A construção de um shopping na cidade de Norwich, no leste da Inglaterra, permitiu encontrar respostas surpreendentes para um crime misterioso que ocorreu há mais de oito séculos.

Em 2004, durante as escavações do terreno, um grupo de operários encontrou os restos mortais de 17 pessoas, que pareciam ter sido jogadas num poço medieval.

Análises feitas à época, que levavam em conta a faixa etária, a posição dos corpos e o local onde estavam, indicaram que provavelmente se tratava de um evento extremo, relacionado à fome, a doenças ou a um massacre.

Mais recentemente, um grupo de pesquisadores ingleses conseguiu coletar o material de seis das vítimas para fazer pesquisas mais aprofundadas que envolveram sequenciamento genético e outras tecnologias avançadas.

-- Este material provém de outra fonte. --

//! Cutting a text of Structured Text into its pieces.
ghost use Rattle.std.specs.Prelude.{◌≡◌, List};
ghost use Rattle.grammar.specs.Pieces.{Text};
ghost use Rattle.st_ast.specs.Tokens.{Token, Tokens};

/// A text has at most one list of tokens.
pub fn one_token_list()
    ensures { (text : Text) (a b : List Token) → Tokens text a → Tokens text b → a ≡ b }
{}
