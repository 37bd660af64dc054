//! The kinds of words, and the numbers that digits stand for.

ghost use Rattle.std.specs.Prelude.{◌≡◌, ◌≤◌, ◌==◌, map, position, unwrap_or, length};
ghost use Rattle.st_ast.specs.Names as names;
ghost use Rattle.st_ast.specs.Tokens as tokens;
ghost use Rattle.st_read.specs.Lexing as lexing;

use st_ast::TokenKind;

/// A reserved word in capitals, and its kind.
type Entry = (&'static [u8], TokenKind);

// The tables are by the number of letters, so that a word is compared with few others.

static OF_TWO: [Entry; 7] = [
    (b"IF", TokenKind::If),
    (b"DO", TokenKind::Do),
    (b"OR", TokenKind::Or),
    (b"AT", TokenKind::Outside),
    (b"OF", TokenKind::Outside),
    (b"TO", TokenKind::Outside),
    (b"BY", TokenKind::Outside),
];

static OF_THREE: [Entry; 10] = [
    (b"VAR", TokenKind::Var),
    (b"NOT", TokenKind::Not),
    (b"AND", TokenKind::And),
    (b"XOR", TokenKind::Xor),
    (b"MOD", TokenKind::Mod),
    (b"ABS", TokenKind::Abs),
    (b"MIN", TokenKind::Min),
    (b"MAX", TokenKind::Max),
    (b"SEL", TokenKind::Sel),
    (b"FOR", TokenKind::Outside),
];

static OF_FOUR: [Entry; 11] = [
    (b"BOOL", TokenKind::Bool),
    (b"LINT", TokenKind::Lint),
    (b"TRUE", TokenKind::True),
    (b"THEN", TokenKind::Then),
    (b"ELSE", TokenKind::Else),
    (b"DINT", TokenKind::Outside),
    (b"CASE", TokenKind::Outside),
    (b"EXIT", TokenKind::Outside),
    (b"REAL", TokenKind::Outside),
    (b"TIME", TokenKind::Outside),
    (b"TYPE", TokenKind::Outside),
];

static OF_FIVE: [Entry; 6] = [
    (b"FALSE", TokenKind::False),
    (b"ELSIF", TokenKind::Elsif),
    (b"WHILE", TokenKind::While),
    (b"UNTIL", TokenKind::Outside),
    (b"ARRAY", TokenKind::Outside),
    (b"LREAL", TokenKind::Outside),
];

static OF_SIX: [Entry; 5] = [
    (b"END_IF", TokenKind::EndIf),
    (b"REPEAT", TokenKind::Outside),
    (b"RETURN", TokenKind::Outside),
    (b"STRUCT", TokenKind::Outside),
    (b"STRING", TokenKind::Outside),
];

static LONGER: [Entry; 12] = [
    (b"PROGRAM", TokenKind::Program),
    (b"END_PROGRAM", TokenKind::EndProgram),
    (b"CONSTANT", TokenKind::Constant),
    (b"VAR_INPUT", TokenKind::VarInput),
    (b"VAR_OUTPUT", TokenKind::VarOutput),
    (b"END_VAR", TokenKind::EndVar),
    (b"END_WHILE", TokenKind::EndWhile),
    (b"END_CASE", TokenKind::Outside),
    (b"END_FOR", TokenKind::Outside),
    (b"END_REPEAT", TokenKind::Outside),
    (b"FUNCTION", TokenKind::Outside),
    (b"FUNCTION_BLOCK", TokenKind::Outside),
];

/// The greatest number of a program.
const GREATEST: u128 = 9_223_372_036_854_775_807;

/// Whether two words are the same, ignoring the case of letters.
#[tactic(auto, using(crate::proofs::WordLaws::same_where_folded))]
fn same_name(one: &[u8], other: &[u8]) -> bool
    ensures { result ≡ names.same_name one.now other.now }
{
    one.eq_ignore_ascii_case(other)
}

/// The place of the first `_`.
fn first_underscore(word: &[u8]) -> Option<usize>
    ensures { result ≡ position (λ b. b == 95) word.now }
{
    word.iter().position(|byte| *byte == b'_')
}

/// How many bytes stand before the first `_`.
#[tactic(auto, using(grammar::proofs::Runs::first_within))]
fn plain_len(word: &[u8]) -> usize
    ensures count { result ≡ unwrap_or (position (λ b. b == 95) word.now) (length word.now) }
    ensures within { result ≤ length word.now }
{
    first_underscore(word).unwrap_or(word.len())
}

/// What stands from the first `_` on.
#[tactic(auto, using(crate::proofs::Identifiers::identifier_from))]
fn from_underscore(word: &[u8]) -> &[u8]
    ensures same { tokens.is_identifier word.now ≡ tokens.is_identifier result.now }
    ensures shorter { length result.now ≤ length word.now }
{
    word.split_at(plain_len(word)).1
}

/// Whether no two underscores adjoin, and the last byte is none.
fn is_identifier(word: &[u8]) -> bool
    ensures { result ≡ tokens.is_identifier word.now }
{
    let mut rest = word;
    loop {
        match from_underscore(rest) {
            [] => return true,
            [last] => return *last != b'_',
            [one, left @ ..] => {
                if *one == b'_' && left[0] == b'_' {
                    return false;
                }
                rest = left;
            }
        }
    }
}

/// The kind that a table has for a word.
fn in_table(table: &[Entry], word: &[u8]) -> Option<TokenKind>
    ensures { unwrap_or result (lexing.name_kind word.now)
        ≡ tokens.in_table (map (λ p. (p.0.now, p.1)) table.now) word.now (lexing.name_kind word.now) }
{
    for (name, kind) in table {
        if same_name(name, word) {
            return Some(*kind);
        }
    }
    None
}

/// The kind of a word that is not reserved.
fn kind_of_name(word: &[u8]) -> TokenKind
    ensures { result ≡ lexing.name_kind word.now }
{
    if is_identifier(word) {
        TokenKind::Name
    } else {
        TokenKind::Outside
    }
}

/// The kind of a reserved word.
#[tactic(auto, using(crate::proofs::WordLaws::words_of_two, crate::proofs::WordLaws::words_of_three, crate::proofs::WordLaws::words_of_four, crate::proofs::WordLaws::words_of_five, crate::proofs::WordLaws::words_of_six, crate::proofs::WordLaws::longer_words))]
fn kind_of_reserved(word: &[u8]) -> Option<TokenKind>
    ensures { unwrap_or result (lexing.name_kind word.now) ≡ lexing.word_kind word.now }
{
    match word.len() {
        2 => in_table(&OF_TWO, word),
        3 => in_table(&OF_THREE, word),
        4 => in_table(&OF_FOUR, word),
        5 => in_table(&OF_FIVE, word),
        6 => in_table(&OF_SIX, word),
        _ => in_table(&LONGER, word),
    }
}

pub fn kind_of_word(word: &[u8]) -> TokenKind
    ensures { result ≡ lexing.word_kind word.now }
{
    match kind_of_reserved(word) {
        Some(kind) => kind,
        None => kind_of_name(word),
    }
}

/// The number that digits stand for, where a program may have it.
#[tactic(auto, using(crate::proofs::Numbers::too_great, crate::proofs::Numbers::small_enough))]
pub fn value_of(digits: &[u8]) -> Option<u64>
    ensures { result ≡ lexing.value_in digits.now }
{
    let mut value: u128 = 0;
    for digit in digits {
        if value > GREATEST {
            return None;
        }
        value = 10 * value + u128::from(digit.saturating_sub(b'0'));
    }
    if value > GREATEST {
        None
    } else {
        Some(value as u64)
    }
}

A partir disso, eles conseguiram determinar, com um alto grau de certeza, que aquelas pessoas são antepassados dos judeus asquenazes (que vieram do Leste Europeu ou da Europa Central) e que muito provavelmente elas foram assassinadas durante um movimento antissemita que brotou em Norwich no final do século 12.

O estudo, publicado no final de agosto no periódico científico Current Biology, também conseguiu entender mais a fundo a origem de algumas doenças genéticas que afetam descendentes desse grupo até os dias de hoje.

Migração e morte

O geneticista Mark G. Thomas, professor do Departamento de Genética, Evolução e Ambiente da Universidade College London, no Reino Unido, explica que, por volta do ano 70 d.C., muitos judeus começaram a migrar do Oriente Médio para o oeste, especialmente para os territórios que hoje compreendem a Itália (à época, Império Romano).

Mais pra frente, esses povos se instalaram no noroeste do continente, em regiões que hoje pertencem à França e à Alemanha.

“Por volta do século 11, o rei Guilherme 1º convidou os judeus que viviam em partes da Europa continental a criar assentamentos na Inglaterra”, explica o cientista, que é um dos autores do estudo recém-publicado.

O biólogo molecular Ian Barnes, que também fez parte da investigação, conta que há evidências de ondas antissemitas que tomaram o país a partir do século seguinte.

“Temos vários registros históricos de violência contra os judeus por volta de 1190 em Londres e nas outras cidades do reino”, resume o pesquisador, que integra o Departamento de Ciências da Terra do Museu de História Natural, localizado na capital britânica.

Um dos locais onde esses episódios aconteceram foi justamente Norwich. As primeiras informações sobre as ondas de violência contra o povo judeu por lá vêm do ano de 1144, desencadeadas pelo assassinato de um menino chamado William.

À época, a família dele acusou alguns membros da comunidade judaica local como os responsáveis pelo crime. Essa, aliás, foi a primeira vez na história em que há registros sobre o mito do libelo de sangue, uma alegação absolutamente falsa de que os judeus matam crianças cristãs para usar o sangue delas em rituais.

Essa teoria da conspiração antissemita, aliás, persiste até os dias de hoje.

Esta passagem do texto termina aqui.